:: PROBLEM ::
Make an exact copy of every entry.

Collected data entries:

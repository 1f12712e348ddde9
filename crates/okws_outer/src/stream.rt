//! Bytes that come in and bytes that go out.

ghost use Rattle.std.specs.Prelude.{◌≡◌, ◌<◌, ◌≤◌, ℕ, List, length, true, None, OnOk};
ghost use Rattle.std.specs.declared.option.Option.{Option};
ghost use Rattle.okws_outer.specs.declared.stream.Pull.{Pull};
ghost use Rattle.okws_outer.specs.declared.stream.Pull.TheVariants.{Failed};
ghost use Rattle.okws_outer.specs.declared.stream.Put.{Put};
ghost use Rattle.okws_outer.specs.declared.stream.Put.TheVariants.{Done};
ghost use Rattle.okws_outer.specs.Streams.{Counts, Pulls, Puts};
ghost use Rattle.okws_outer.specs.Wire.{Wire, Receives, Gives, GainsRoom};

use std::alloc::AllocError;

/// What a pull answers.
#[derive(Clone, Copy, PartialEq, Eq)]
pub enum Pull {
    /// So many bytes came, 1 at the least; they stand at the front of what was given for them.
    Took(usize),
    /// No bytes are left.
    End,
    /// The call failed and was counted; no byte came.
    Failed,
}

/// What a put answers.
#[derive(Clone, Copy, PartialEq, Eq)]
pub enum Put {
    /// All bytes were given.
    Done,
    /// The call failed and was counted; only so many bytes from the front were given.
    Stopped(usize),
}

/// Bytes that come in.
pub trait Source {
    /// The bytes that are left, where the source tells.
    ghost left: { Self → Option (List ℕ) };

    /// How many calls have failed; it never falls, and stays at 2^64 - 1 once it is there.
    ghost faults: { Self → ℕ };

    /// Takes bytes that are left, at most as many as there is room for.
    fn pull(&mut self, into: &mut [u8]) -> Pull
        requires { 0 < length into.old }
        ensures bytes { Pulls (left self.old) (left self.new) into.new result }
        ensures faults { Counts (faults self.old) (faults self.new) (result ≡ Failed) }
        ensures still { (result ≡ Failed → ⊥) → faults self.new ≡ faults self.old };
}

/// Bytes that go out.
pub trait Sink {
    /// The bytes that were given, where the sink tells.
    ghost given: { Self → Option (List ℕ) };

    /// How many calls have failed; it never falls, and stays at 2^64 - 1 once it is there.
    ghost faults: { Self → ℕ };

    /// Gives the bytes behind those that were given before. A sink that doesn't tell never does.
    fn put(&mut self, bytes: &[u8]) -> Put
        ensures bytes { Puts (given self.old) (given self.new) bytes.now result }
        ensures untold { given self.old ≡ None → given self.new ≡ None }
        ensures faults { Counts (faults self.old) (faults self.new) (result ≡ Done → ⊥) }
        ensures still { result ≡ Done → faults self.new ≡ faults self.old };
}

/// Bytes in both directions, with one count of faults.
pub trait Link {
    /// The link, as contracts see it. Its count of faults never falls, and stays at 2^64 - 1 once it
    /// is there.
    ghost wire: { Self → Wire };

    /// Takes bytes that are left, at most as many as there is room for.
    fn pull(&mut self, into: &mut [u8]) -> Pull
        requires { 0 < length into.old }
        ensures bytes { Pulls (wire self.old).left (wire self.new).left into.new result }
        ensures link { Receives (wire self.old) (wire self.new) (result ≡ Failed) };

    /// Gives the bytes behind those that were given before. A link that doesn't tell never does.
    fn put(&mut self, bytes: &[u8]) -> Put
        ensures bytes { Puts (wire self.old).given (wire self.new).given bytes.now result }
        ensures link { Gives (wire self.old) (wire self.new) (length bytes.now) (result ≡ Done) };

    /// Makes a steady link sure of room for n bytes more; where memory is refused it is as before.
    fn make_room(&mut self, n: usize) -> Result<(), AllocError>
        ensures made { OnOk result ((wire self.old).steady ≡ true → n ≤ (wire self.new).room) }
        ensures link { GainsRoom (wire self.old) (wire self.new) };
}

:: TASK ANSWER ::
repository 1f12712e348ddde9
filename crates/okws_outer/src/stream.rt
//! Bytes that come in and bytes that go out.

ghost use Rattle.std.specs.Prelude.{◌≡◌, ◌<◌, ◌≤◌, ℕ, List, length, true, None, OnOk};
ghost use Rattle.std.specs.declared.option.Option.{Option};
ghost use Rattle.okws_outer.specs.declared.stream.Pull.{Pull};
ghost use Rattle.okws_outer.specs.declared.stream.Pull.TheVariants.{Failed};
ghost use Rattle.okws_outer.specs.declared.stream.Put.{Put};
ghost use Rattle.okws_outer.specs.declared.stream.Put.TheVariants.{Done};
ghost use Rattle.okws_outer.specs.Streams.{Counts, Pulls, Puts};
ghost use Rattle.okws_outer.specs.Wire.{Wire, Receives, Gives, GainsRoom};

use std::alloc::AllocError;

/// What a pull answers.
#[derive(Clone, Copy, PartialEq, Eq)]
pub enum Pull {
    /// So many bytes came, 1 at the least; they stand at the front of what was given for them.
    Took(usize),
    /// No bytes are left.
    End,
    /// The call failed and was counted; no byte came.
    Failed,
}

/// What a put answers.
#[derive(Clone, Copy, PartialEq, Eq)]
pub enum Put {
    /// All bytes were given.
    Done,
    /// The call failed and was counted; only so many bytes from the front were given.
    Stopped(usize),
}

/// Bytes that come in.
pub trait Source {
    /// The bytes that are left, where the source tells.
    ghost left: { Self → Option (List ℕ) };

    /// How many calls have failed; it never falls, and stays at 2^64 - 1 once it is there.
    ghost faults: { Self → ℕ };

    /// Takes bytes that are left, at most as many as there is room for.
    fn pull(&mut self, into: &mut [u8]) -> Pull
        requires { 0 < length into.old }
        ensures bytes { Pulls (left self.old) (left self.new) into.new result }
        ensures faults { Counts (faults self.old) (faults self.new) (result ≡ Failed) }
        ensures still { (result ≡ Failed → ⊥) → faults self.new ≡ faults self.old };
}

/// Bytes that go out.
pub trait Sink {
    /// The bytes that were given, where the sink tells.
    ghost given: { Self → Option (List ℕ) };

    /// How many calls have failed; it never falls, and stays at 2^64 - 1 once it is there.
    ghost faults: { Self → ℕ };

    /// Gives the bytes behind those that were given before. A sink that doesn't tell never does.
    fn put(&mut self, bytes: &[u8]) -> Put
        ensures bytes { Puts (given self.old) (given self.new) bytes.now result }
        ensures untold { given self.old ≡ None → given self.new ≡ None }
        ensures faults { Counts (faults self.old) (faults self.new) (result ≡ Done → ⊥) }
        ensures still { result ≡ Done → faults self.new ≡ faults self.old };
}

/// Bytes in both directions, with one count of faults.
pub trait Link {
    /// The link, as contracts see it. Its count of faults never falls, and stays at 2^64 - 1 once it
    /// is there.
    ghost wire: { Self → Wire };

    /// Takes bytes that are left, at most as many as there is room for.
    fn pull(&mut self, into: &mut [u8]) -> Pull
        requires { 0 < length into.old }
        ensures bytes { Pulls (wire self.old).left (wire self.new).left into.new result }
        ensures link { Receives (wire self.old) (wire self.new) (result ≡ Failed) };

    /// Gives the bytes behind those that were given before. A link that doesn't tell never does.
    fn put(&mut self, bytes: &[u8]) -> Put
        ensures bytes { Puts (wire self.old).given (wire self.new).given bytes.now result }
        ensures link { Gives (wire self.old) (wire self.new) (length bytes.now) (result ≡ Done) };

    /// Makes a steady link sure of room for n bytes more; where memory is refused it is as before.
    fn make_room(&mut self, n: usize) -> Result<(), AllocError>
        ensures made { OnOk result ((wire self.old).steady ≡ true → n ≤ (wire self.new).room) }
        ensures link { GainsRoom (wire self.old) (wire self.new) };
}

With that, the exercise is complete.